--- START ---
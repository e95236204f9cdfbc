//! The updates of a log, borrowed from its records.
ghost use Rattle.std.specs.Prelude.{◌≡◌, ◌<◌, length, slice_index_or, IfOk};
ghost use Rattle.std.specs.List.{flat_map};
ghost use Rattle.mt_words.specs.declared.update.Origin.TheVariants as origins;
ghost use Rattle.mt_words.specs.Changes.{Logged};
ghost use Rattle.mt_words.specs.Updates.{update_of};
ghost use Rattle.mt_words.specs.OneLog.{kept_updates, as_list};
ghost use Rattle.mt_record.specs.Shares.{updates_of_share};

use crate::body::lent::Lent;
use crate::body::spelled;
use crate::kept::log::KeptRecords;
use crate::kept::share::Share;
use mt_words::{Memory, Origin};
use std::alloc::Global;
use std::marker::Model;

/// The updates of a log, kept as its records.
#[derive(Debug, Drop)]
pub struct Updates {
    log: usize,
    pub(crate) records: KeptRecords,
}

impl Model for Updates {
    ghost use Rattle.mt_words.specs.OneLog.{OneLog};

    ghost Value = { OneLog };

    ghost view = { λ u. record { log = u.log; records = u.records } };
}

impl Updates {
    /// Returns the updates that these records make, in the log of this number.
    pub fn of(log: usize, records: KeptRecords) -> Updates
        ensures { result ≡ record { log = log; records = records } }
    {
        Updates { log, records }
    }

    /// Returns the number of records, marks included.
    pub fn record_count(&self) -> usize
        ensures { result ≡ length self.now.records }
    {
        self.records.len()
    }

    /// Returns the number of updates.
    pub fn len(&self) -> usize
        ensures { result ≡ length (kept_updates self.now) }
    {
        self.records.len() - self.records.marks() as usize
    }

    /// Returns the update of the record of this number. Returns None if the record is a mark.
    pub fn update(&self, number: usize) -> Option<Lent<'_>>
        requires { number < length self.now.records }
        ensures { (d : Logged) →
            as_list result ≡ update_of self.now.log number (slice_index_or self.now.records number d) }
    {
        let body = self.records.body(number);
        if spelled::is_mark(body) {
            return None;
        }
        Some(Lent::of(self.origin(number), body))
    }

    /// Divides the records into shares, in order. Err: out of memory.
    pub fn into_shares(self, alloc: Global) -> Result<Vec<Share>, Memory>
        ensures { IfOk result (λ shares. flat_map updates_of_share shares.items ≡ kept_updates self) }
    {
        let Updates { log, records } = self;
        let blocks = records.into_bodies().into_blocks()?;
        let mut shares = Vec::with_capacity(alloc, blocks.len())?;
        let mut from = 0;
        for block in blocks {
            let count = block.len();
            shares.push(Share::of(log, from, block))?;
            from += count;
        }
        Ok(shares)
    }

    /// Returns where the update of the record of this number comes from.
    pub(crate) fn origin(&self, number: usize) -> Origin
        ensures { result ≡ origins.Log self.now.log number }
    {
        Origin::Log {
            record: number as u64,
            log: self.log,
        }
    }
}
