//! A share of the updates of a log. It owns its records.
ghost use Rattle.std.specs.Prelude.{◌≡◌, ◌+◌, ◌<◌, length, map, slice_index_or};
ghost use Rattle.mt_words.specs.Changes.{Logged};
ghost use Rattle.mt_words.specs.Updates.{update_of};
ghost use Rattle.mt_words.specs.OneLog.{as_list};
ghost use Rattle.mt_record.specs.Steps.Bodies.{IsLawfulBody};
ghost use Rattle.mt_record.specs.Steps.Kept.{IsShare};
ghost use Rattle.mt_record.specs.Decoding.{IsBody, decode};

use crate::body::lent::Lent;
use crate::body::spelled;
use crate::kept::block::Block;
use mt_words::Origin;
use std::marker::Model;

/// Some consecutive records of a log, kept as their encoded bodies. Marks are among them.
#[derive(Debug, Drop)]
pub struct Share {
    log: usize,
    /// The number of the first record.
    from: usize,
    bodies: Block,
}

impl Model for Share {
    ghost use Rattle.std.specs.Prelude.{map};
    ghost use Rattle.mt_record.specs.Decoding.{decode};
    ghost use Rattle.mt_record.specs.Shares.{ShareView};
    ghost use Rattle.mt_record.specs.Steps.Kept.{IsShare};

    ghost Value = { ShareView };

    ghost view = { λ s. record { log = s.log; from = s.from; records = map decode s.bodies } };

    ghost invariant = { λ s. IsShare s.from s.bodies };
}

impl Share {
    /// Returns the share of these bodies in the log of this number. The first is that of record `from`.
    pub(crate) fn of(log: usize, from: usize, bodies: Block) -> Share
        requires { IsShare from bodies }
        ensures { result ≡ record { log = log; from = from; records = map decode bodies } }
    {
        Share { log, from, bodies }
    }

    /// Returns the number of records, marks included.
    pub fn len(&self) -> usize
        ensures { result ≡ length self.now.records }
    {
        self.bodies.len()
    }

    /// Returns the update of the record with this number in the share. Returns None if the record is a mark.
    pub fn update(&self, number: usize) -> Option<Lent<'_>>
        requires { number < length self.now.records }
        ensures { (d : Logged) →
            as_list result ≡ update_of self.now.log (self.now.from + number) (slice_index_or self.now.records number d) }
    {
        let body = self.body(number);
        if spelled::is_mark(body) {
            return None;
        }
        let record = (self.from + number) as u64;
        Some(Lent::of(
            Origin::Log {
                record,
                log: self.log,
            },
            body,
        ))
    }

    /// Returns the body of the record with this number in the share.
    fn body(&self, number: usize) -> &[u8]
        requires { number < length self.now.records }
        ensures lawful { IsLawfulBody result.now }
        ensures body { IsBody result.now }
        ensures says { (d : Logged) → decode result.now ≡ slice_index_or self.now.records number d }
    {
        self.bodies.get(number)
    }
}
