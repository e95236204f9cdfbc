//! The records of a log, kept as bodies.
ghost use Rattle.std.specs.Prelude.{◌≡◌, ◌<◌, ◌++◌, ◌∷◌, [], length, map, filter, All, slice_index_or, OnOk, OnErr};
ghost use Rattle.mt_words.specs.Changes.{Logged, is_mark};
ghost use Rattle.mt_record.specs.Steps.Bodies.{IsLawfulBody};
ghost use Rattle.mt_record.specs.Decoding.{IsBody, decode};
ghost use Rattle.mt_record.specs.Cutting.{ends_late, first_time, HasCut, IsCountOf};
ghost use Rattle.mt_record.specs.Logs.{count_of};

use crate::body::spelled;
use crate::kept::Records;
use crate::kept::byte_strings::ByteStrings;
use mt_words::Memory;
use std::alloc::Global;
use std::marker::Model;

/// The records of a log, kept as their encoded bodies. Marks are among them, so a body's place is the number of its
/// record.
#[derive(Debug, Drop)]
pub struct KeptRecords {
    bodies: ByteStrings,
    /// The number of marks among them, counted up to 2^64 - 1.
    marks: u64,
}

impl Model for KeptRecords {
    ghost use Rattle.std.specs.Prelude.{List, map};
    ghost use Rattle.mt_words.specs.Changes.{Logged};
    ghost use Rattle.mt_record.specs.Decoding.{decode};
    ghost use Rattle.mt_record.specs.Steps.Kept.{AreKept};

    ghost Value = { List Logged };

    ghost view = { λ r. map decode r.bodies };

    ghost invariant = { λ r. AreKept r.bodies r.marks };
}

impl KeptRecords {
    /// Creates an empty list of records.
    pub fn new(alloc: Global) -> KeptRecords
        ensures { result ≡ [] }
    {
        KeptRecords {
            bodies: ByteStrings::new(alloc),
            marks: 0,
        }
    }

    /// Returns an empty list of records with the same allocator.
    pub(crate) fn none(&self) -> KeptRecords
        ensures { result ≡ [] }
    {
        KeptRecords {
            bodies: self.bodies.none(),
            marks: 0,
        }
    }

    /// Returns the bodies of the records.
    pub(crate) fn into_bodies(self) -> ByteStrings
        ensures says { map decode result ≡ self }
        ensures lawful { All IsLawfulBody result }
    {
        let KeptRecords { bodies, marks: _ } = self;
        bodies
    }

    /// Appends these records. Err: out of memory; nothing is appended.
    pub(crate) fn append(&mut self, more: KeptRecords) -> Result<(), Memory>
        ensures ok { OnOk result (self.new ≡ self.old ++ more) }
        ensures err { OnErr result (self.new ≡ self.old) }
    {
        let KeptRecords { bodies, marks } = more;
        self.bodies.append(bodies)?;
        self.marks = self.marks.saturating_add(marks);
        Ok(())
    }

    /// Returns the timestamp of the first record. Returns None if there is no record.
    pub(crate) fn first(&self) -> Option<u64>
        ensures { result ≡ first_time self.now }
    {
        if self.len() == 0 {
            return None;
        }
        Some(spelled::timestamp(self.body(0)))
    }

    /// Drops all records, and keeps the memory of the last block for others. Returns how many updates and marks were
    /// dropped.
    pub(crate) fn clear(&mut self) -> Dropped
        ensures none { self.new ≡ [] }
        ensures gone { IsCountOf self.old result }
    {
        let marks = self.marks;
        let updates = self.len() as u64 - marks;
        self.bodies.clear();
        self.marks = 0;
        Dropped { updates, marks }
    }

    /// Drops records from the end as long as their timestamps are at or past `limit`. Returns how many updates and
    /// marks were dropped.
    pub fn cut(&mut self, limit: u64) -> Dropped
        ensures { HasCut limit self.old self.new result }
    {
        let count = self.len();
        let mut marks = 0;
        while self.ends_late(limit) {
            marks += u64::from(self.drop_last());
        }
        let updates = (count - self.len()) as u64 - marks;
        Dropped { updates, marks }
    }

    /// Returns whether there is a last record and its timestamp is at or past `limit`.
    fn ends_late(&self, limit: u64) -> bool
        ensures { result ≡ ends_late limit self.now }
    {
        let count = self.bodies.len();
        count > 0 && spelled::timestamp(self.body(count - 1)) >= limit
    }

    /// Drops the last record. Returns whether it was a mark.
    fn drop_last(&mut self) -> bool
        requires { 0 < length self.old }
        ensures { (last : Logged) × (self.old ≡ self.new ++ last ∷ []) × (result ≡ is_mark last) }
    {
        let number = self.bodies.len() - 1;
        let mark = spelled::is_mark(self.body(number));
        self.bodies.drop_last();
        if mark {
            self.marks = self.marks.saturating_sub(1);
        }
        mark
    }

    /// Returns the number of records, marks included.
    pub fn len(&self) -> usize
        ensures { result ≡ length self.now }
    {
        self.bodies.len()
    }

    /// Returns the number of marks among them, counted up to 2^64 - 1.
    pub fn marks(&self) -> u64
        ensures { result ≡ count_of (filter is_mark self.now) }
    {
        self.marks
    }

    /// Returns the body of the record of this number.
    pub(crate) fn body(&self, number: usize) -> &[u8]
        requires { number < length self.now }
        ensures lawful { IsLawfulBody result.now }
        ensures body { IsBody result.now }
        ensures says { (d : Logged) → decode result.now ≡ slice_index_or self.now number d }
    {
        self.bodies.get(number)
    }
}

/// The numbers of updates and marks that were dropped.
#[derive(Clone, Copy, Debug)]
pub struct Dropped {
    pub updates: u64,
    pub marks: u64,
}

impl Records for KeptRecords {
    ghost listed = { λ records. records };

    #[inline(always)]
    fn put_record(&mut self, body: &[u8]) -> Result<(), Memory> {
        self.bodies.push(body)?;
        if spelled::is_mark(body) {
            self.marks = self.marks.saturating_add(1);
        }
        Ok(())
    }
}
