//! A list of updates as texts.
ghost use Rattle.std.specs.Prelude.{◌≡◌, ◌<◌, ◌++◌, [], ◌∷◌, OnOk, OnErr, length, slice_index_or};
ghost use Rattle.mt_words.specs.declared.update.Update.{Update as UpdateValue};

use crate::kept::byte_strings::ByteStrings;
use crate::kept::text::Text;
use mt_words::Memory;
use std::alloc::Global;
use std::marker::Model;

/// Updates, one after another in one buffer: of each its origin in a few bytes, and its body. So a run of them is read
/// as one stream.
#[derive(Drop)]
pub struct Bodies {
    texts: ByteStrings,
}

impl Model for Bodies {
    ghost use Rattle.std.specs.Prelude.{List, All, map};
    ghost use Rattle.mt_words.specs.declared.update.Update.{Update};
    ghost use Rattle.mt_record.specs.Steps.Texts.{update_in_text, IsUpdateText};

    ghost Value = { List Update };

    ghost view = { λ b. map update_in_text b.texts };

    ghost invariant = { λ b. All IsUpdateText b.texts };
}

impl Bodies {
    /// Creates an empty list.
    pub fn new(alloc: Global) -> Bodies
        ensures { result ≡ [] }
    {
        Bodies {
            texts: ByteStrings::new(alloc),
        }
    }

    /// Returns the number of updates.
    pub fn len(&self) -> usize
        ensures { result ≡ length self.now }
    {
        self.texts.len()
    }

    /// Returns the text of the update at this place.
    pub fn text(&self, at: usize) -> Text<'_>
        requires { at < length self.now }
        ensures { (d : UpdateValue) → result ≡ slice_index_or self.now at d }
    {
        Text::of_text(self.texts.get(at))
    }

    /// Appends a copy of a text. Err: out of memory; nothing is appended.
    pub fn push(&mut self, text: &Text<'_>) -> Result<(), Memory>
        ensures ok { OnOk result (self.new ≡ self.old ++ text.now ∷ []) }
        ensures err { OnErr result (self.new ≡ self.old) }
    {
        let (origin, body) = text.parts();
        self.texts.push_joined(origin, body)
    }
}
--- END ---
• **WORK TO COMPLETE**:
If a line in the data above contains "past", return that line.

• **RESULT BELOW**:
    /// Drops records from the end as long as their timestamps are at or past `limit`. Returns how many updates and
    /// Returns whether there is a last record and its timestamp is at or past `limit`.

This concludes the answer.